**What you should do**
Scan the entries below, and for each line that includes the word "AreHeld", make a copy.

(Provided records Opens)

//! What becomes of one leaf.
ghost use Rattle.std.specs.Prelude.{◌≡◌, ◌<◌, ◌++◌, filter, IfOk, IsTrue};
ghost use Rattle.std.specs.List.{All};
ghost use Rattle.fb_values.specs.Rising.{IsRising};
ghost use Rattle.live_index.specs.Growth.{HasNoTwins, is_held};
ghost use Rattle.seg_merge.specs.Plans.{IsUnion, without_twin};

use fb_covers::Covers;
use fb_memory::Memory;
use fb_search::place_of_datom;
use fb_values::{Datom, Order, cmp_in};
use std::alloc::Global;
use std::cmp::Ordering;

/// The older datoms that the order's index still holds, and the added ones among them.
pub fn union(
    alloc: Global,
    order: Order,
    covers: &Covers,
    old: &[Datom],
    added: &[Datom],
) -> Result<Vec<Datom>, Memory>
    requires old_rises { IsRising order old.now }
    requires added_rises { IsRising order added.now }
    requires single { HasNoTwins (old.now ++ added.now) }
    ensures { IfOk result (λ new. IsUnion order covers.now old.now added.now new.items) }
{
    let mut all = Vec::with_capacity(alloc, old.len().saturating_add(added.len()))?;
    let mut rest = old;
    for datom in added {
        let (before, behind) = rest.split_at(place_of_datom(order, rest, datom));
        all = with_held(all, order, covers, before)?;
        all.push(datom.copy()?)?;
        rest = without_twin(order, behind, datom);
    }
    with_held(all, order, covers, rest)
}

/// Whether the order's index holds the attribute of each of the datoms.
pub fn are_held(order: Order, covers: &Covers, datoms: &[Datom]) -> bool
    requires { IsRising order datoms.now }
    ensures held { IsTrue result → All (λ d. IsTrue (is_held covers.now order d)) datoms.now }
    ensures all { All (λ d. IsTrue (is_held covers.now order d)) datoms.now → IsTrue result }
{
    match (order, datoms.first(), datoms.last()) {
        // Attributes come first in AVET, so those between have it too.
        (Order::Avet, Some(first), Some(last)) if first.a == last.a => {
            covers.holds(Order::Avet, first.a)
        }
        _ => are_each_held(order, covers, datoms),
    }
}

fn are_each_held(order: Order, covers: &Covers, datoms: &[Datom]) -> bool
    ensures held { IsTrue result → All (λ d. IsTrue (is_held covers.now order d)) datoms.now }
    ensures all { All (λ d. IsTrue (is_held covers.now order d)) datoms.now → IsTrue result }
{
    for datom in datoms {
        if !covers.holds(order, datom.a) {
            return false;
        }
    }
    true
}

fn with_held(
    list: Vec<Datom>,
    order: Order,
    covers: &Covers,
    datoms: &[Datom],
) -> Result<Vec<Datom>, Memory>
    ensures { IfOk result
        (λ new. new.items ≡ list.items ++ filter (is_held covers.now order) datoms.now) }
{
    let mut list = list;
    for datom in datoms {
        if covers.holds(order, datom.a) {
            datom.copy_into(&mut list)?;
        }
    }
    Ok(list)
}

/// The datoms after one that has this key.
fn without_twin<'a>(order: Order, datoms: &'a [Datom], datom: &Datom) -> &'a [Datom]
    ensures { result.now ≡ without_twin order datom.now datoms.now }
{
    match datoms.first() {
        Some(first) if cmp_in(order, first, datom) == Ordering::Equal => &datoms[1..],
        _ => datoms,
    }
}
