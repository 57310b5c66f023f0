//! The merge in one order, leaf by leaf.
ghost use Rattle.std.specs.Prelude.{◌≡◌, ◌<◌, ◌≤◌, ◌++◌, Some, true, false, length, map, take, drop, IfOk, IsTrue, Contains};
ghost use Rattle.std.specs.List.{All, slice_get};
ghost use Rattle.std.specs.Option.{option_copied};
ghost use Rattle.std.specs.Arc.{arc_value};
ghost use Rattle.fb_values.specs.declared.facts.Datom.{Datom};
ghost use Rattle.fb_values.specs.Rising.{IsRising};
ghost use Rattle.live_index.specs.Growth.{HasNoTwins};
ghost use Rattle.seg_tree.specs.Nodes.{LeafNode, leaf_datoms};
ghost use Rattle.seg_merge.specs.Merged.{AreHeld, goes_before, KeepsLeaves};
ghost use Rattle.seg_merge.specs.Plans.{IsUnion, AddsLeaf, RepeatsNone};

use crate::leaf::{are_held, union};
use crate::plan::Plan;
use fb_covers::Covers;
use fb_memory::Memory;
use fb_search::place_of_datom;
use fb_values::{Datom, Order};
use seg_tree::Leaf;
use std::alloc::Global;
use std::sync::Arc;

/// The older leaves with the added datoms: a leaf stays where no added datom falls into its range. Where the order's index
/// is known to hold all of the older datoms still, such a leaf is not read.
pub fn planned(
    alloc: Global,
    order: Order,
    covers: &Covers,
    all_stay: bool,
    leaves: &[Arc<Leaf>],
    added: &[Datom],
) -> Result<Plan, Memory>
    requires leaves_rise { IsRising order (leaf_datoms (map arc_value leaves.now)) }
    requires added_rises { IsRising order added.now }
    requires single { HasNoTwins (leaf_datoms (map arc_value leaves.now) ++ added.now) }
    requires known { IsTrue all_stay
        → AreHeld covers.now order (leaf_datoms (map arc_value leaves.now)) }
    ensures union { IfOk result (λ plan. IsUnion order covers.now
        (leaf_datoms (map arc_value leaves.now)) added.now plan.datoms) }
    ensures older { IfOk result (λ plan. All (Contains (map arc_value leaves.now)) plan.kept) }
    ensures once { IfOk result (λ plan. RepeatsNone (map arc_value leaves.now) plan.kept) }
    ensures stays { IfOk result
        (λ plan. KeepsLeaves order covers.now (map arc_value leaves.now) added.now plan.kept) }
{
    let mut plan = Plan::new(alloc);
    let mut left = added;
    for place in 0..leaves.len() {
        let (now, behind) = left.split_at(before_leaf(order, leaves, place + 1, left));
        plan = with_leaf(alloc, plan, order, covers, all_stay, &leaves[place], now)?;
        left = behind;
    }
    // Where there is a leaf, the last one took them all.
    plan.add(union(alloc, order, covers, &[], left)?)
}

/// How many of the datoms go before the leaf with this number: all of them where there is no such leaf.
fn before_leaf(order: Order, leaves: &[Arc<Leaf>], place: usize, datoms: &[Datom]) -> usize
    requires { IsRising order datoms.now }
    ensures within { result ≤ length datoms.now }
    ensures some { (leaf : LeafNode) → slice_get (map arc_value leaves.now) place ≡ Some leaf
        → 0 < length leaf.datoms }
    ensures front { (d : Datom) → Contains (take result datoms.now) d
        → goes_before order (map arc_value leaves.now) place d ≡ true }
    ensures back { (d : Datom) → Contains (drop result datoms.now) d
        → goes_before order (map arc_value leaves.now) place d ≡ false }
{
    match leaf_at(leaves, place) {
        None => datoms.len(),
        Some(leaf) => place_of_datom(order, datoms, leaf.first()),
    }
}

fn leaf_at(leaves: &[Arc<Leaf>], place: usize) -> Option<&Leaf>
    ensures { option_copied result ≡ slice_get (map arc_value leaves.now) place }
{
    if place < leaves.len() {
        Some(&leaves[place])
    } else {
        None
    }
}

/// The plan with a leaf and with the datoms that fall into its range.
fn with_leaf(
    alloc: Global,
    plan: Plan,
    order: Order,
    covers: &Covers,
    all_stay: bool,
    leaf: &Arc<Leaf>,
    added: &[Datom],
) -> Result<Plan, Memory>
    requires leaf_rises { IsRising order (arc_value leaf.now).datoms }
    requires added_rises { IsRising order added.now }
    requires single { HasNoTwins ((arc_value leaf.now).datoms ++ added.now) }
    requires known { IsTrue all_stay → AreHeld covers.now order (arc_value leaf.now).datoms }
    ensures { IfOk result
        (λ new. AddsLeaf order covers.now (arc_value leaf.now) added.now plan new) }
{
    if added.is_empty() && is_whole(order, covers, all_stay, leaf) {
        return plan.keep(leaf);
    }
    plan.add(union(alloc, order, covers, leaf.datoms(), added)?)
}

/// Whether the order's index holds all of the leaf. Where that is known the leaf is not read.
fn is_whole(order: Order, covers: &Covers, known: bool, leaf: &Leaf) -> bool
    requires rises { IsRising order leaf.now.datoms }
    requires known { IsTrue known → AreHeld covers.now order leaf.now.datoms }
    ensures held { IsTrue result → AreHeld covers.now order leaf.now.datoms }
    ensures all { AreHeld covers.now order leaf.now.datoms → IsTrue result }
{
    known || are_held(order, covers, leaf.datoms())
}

(Provided records Closes)
(Provided records Opens)

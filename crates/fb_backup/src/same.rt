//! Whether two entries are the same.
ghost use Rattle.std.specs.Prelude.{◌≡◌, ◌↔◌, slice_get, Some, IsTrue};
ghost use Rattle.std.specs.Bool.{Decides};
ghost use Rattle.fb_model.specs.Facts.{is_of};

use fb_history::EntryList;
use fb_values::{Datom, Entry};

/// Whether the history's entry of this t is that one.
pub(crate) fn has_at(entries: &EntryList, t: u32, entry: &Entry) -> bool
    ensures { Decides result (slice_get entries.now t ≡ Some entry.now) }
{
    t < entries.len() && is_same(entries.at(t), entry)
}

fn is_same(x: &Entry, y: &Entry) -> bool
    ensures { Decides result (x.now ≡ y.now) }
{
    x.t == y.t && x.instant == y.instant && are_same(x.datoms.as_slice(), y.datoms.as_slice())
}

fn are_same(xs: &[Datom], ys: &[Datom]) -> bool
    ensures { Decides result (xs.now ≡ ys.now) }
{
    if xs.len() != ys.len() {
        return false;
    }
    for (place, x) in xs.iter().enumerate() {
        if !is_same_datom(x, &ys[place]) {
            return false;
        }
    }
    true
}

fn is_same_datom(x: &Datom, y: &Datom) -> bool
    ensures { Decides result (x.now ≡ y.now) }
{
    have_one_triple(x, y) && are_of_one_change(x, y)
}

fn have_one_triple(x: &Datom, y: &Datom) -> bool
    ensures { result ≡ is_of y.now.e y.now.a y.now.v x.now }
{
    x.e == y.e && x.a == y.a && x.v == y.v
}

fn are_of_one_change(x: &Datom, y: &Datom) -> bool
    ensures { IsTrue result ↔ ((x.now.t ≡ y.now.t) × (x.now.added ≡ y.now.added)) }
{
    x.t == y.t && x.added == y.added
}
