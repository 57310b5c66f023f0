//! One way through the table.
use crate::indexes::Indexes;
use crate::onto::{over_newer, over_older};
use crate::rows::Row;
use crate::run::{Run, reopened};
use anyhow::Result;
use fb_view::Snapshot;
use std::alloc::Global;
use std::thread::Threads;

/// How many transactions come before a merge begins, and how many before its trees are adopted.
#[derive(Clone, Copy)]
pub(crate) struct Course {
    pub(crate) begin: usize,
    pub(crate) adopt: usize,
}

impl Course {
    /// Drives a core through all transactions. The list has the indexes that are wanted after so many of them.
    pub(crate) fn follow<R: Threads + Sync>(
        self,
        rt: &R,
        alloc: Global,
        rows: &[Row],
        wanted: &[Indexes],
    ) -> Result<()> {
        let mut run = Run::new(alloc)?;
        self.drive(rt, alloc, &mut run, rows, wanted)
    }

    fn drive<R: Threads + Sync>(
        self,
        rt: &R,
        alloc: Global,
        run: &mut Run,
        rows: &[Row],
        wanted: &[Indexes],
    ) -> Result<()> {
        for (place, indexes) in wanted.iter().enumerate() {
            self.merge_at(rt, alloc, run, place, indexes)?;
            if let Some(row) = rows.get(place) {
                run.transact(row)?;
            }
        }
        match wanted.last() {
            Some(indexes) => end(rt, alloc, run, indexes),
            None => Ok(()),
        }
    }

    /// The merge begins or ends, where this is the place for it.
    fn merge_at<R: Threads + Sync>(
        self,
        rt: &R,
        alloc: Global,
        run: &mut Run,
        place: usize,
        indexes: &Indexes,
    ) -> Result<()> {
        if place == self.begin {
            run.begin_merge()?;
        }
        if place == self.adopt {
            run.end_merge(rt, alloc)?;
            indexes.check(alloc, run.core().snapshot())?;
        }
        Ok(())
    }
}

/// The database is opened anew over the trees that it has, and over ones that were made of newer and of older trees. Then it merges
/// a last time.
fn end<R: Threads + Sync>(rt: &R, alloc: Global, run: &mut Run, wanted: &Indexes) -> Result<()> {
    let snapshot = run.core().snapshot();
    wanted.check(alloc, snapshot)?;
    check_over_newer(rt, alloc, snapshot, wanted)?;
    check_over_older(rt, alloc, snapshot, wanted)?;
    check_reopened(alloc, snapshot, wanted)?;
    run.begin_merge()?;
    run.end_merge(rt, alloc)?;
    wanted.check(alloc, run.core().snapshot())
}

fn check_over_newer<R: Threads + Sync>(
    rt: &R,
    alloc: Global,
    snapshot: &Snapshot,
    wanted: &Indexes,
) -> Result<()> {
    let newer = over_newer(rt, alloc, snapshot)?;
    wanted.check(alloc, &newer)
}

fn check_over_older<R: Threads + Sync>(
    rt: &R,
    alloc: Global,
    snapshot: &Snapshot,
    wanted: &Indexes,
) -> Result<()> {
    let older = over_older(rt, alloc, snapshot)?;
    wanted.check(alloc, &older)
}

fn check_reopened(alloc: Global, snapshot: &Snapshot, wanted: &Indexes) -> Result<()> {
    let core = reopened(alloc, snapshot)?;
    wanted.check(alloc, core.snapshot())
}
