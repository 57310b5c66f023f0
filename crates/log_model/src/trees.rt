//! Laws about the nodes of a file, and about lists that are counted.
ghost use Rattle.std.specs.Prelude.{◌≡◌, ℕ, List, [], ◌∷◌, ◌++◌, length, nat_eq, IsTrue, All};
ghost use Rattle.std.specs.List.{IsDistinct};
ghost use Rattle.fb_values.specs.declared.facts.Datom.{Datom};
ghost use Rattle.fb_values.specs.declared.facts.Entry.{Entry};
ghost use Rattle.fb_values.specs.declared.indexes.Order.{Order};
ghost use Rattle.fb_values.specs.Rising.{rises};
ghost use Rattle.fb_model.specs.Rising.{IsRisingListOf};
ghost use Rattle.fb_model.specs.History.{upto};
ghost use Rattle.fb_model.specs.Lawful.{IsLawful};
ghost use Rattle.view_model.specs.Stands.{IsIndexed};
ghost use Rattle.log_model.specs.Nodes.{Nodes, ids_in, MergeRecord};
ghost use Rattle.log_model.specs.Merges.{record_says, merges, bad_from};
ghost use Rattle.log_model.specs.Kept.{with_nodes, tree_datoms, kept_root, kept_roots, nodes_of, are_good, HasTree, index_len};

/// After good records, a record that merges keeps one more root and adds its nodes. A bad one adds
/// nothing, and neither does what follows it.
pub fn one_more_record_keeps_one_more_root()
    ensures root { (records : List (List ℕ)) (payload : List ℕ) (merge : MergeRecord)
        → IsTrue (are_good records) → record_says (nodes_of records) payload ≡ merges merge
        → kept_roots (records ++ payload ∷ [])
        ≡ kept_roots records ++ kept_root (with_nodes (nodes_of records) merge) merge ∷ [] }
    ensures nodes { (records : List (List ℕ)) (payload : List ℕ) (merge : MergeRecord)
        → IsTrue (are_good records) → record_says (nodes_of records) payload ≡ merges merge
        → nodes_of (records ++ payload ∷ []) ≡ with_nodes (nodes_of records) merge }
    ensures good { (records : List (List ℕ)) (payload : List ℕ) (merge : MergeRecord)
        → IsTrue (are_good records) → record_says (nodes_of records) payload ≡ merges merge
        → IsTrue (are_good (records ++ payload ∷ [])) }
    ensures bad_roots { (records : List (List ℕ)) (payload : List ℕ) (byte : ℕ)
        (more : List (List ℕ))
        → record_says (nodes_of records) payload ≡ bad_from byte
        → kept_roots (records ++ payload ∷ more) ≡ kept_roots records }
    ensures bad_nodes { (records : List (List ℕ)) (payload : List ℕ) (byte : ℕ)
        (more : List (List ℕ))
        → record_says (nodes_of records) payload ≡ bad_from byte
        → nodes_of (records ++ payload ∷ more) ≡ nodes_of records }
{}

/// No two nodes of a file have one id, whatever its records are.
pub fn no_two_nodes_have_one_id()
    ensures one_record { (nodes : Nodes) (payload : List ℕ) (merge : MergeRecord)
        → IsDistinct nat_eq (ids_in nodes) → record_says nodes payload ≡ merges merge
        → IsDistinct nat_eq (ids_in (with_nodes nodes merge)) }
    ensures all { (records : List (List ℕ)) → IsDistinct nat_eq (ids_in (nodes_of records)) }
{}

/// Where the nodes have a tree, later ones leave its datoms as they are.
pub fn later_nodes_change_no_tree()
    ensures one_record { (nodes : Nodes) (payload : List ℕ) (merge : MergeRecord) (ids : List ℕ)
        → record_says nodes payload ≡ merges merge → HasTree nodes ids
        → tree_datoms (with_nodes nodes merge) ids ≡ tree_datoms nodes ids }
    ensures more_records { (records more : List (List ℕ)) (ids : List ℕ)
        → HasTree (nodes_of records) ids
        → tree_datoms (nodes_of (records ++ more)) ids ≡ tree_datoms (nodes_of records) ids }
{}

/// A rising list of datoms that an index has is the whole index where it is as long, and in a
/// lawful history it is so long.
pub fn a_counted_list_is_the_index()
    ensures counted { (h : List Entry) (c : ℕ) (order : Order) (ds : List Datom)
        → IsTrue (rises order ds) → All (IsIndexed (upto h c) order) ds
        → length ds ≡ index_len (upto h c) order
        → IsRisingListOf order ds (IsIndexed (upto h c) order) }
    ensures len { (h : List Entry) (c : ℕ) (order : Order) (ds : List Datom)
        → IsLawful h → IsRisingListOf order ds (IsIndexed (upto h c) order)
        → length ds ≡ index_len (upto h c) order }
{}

(Provided records Closes)

**The completed task**
ghost use Rattle.seg_merge.specs.Merged.{AreHeld, goes_before, KeepsLeaves};
        → AreHeld covers.now order (leaf_datoms (map arc_value leaves.now)) }
    requires known { IsTrue all_stay → AreHeld covers.now order (arc_value leaf.now).datoms }
    requires known { IsTrue known → AreHeld covers.now order leaf.now.datoms }
    ensures held { IsTrue result → AreHeld covers.now order leaf.now.datoms }
    ensures all { AreHeld covers.now order leaf.now.datoms → IsTrue result }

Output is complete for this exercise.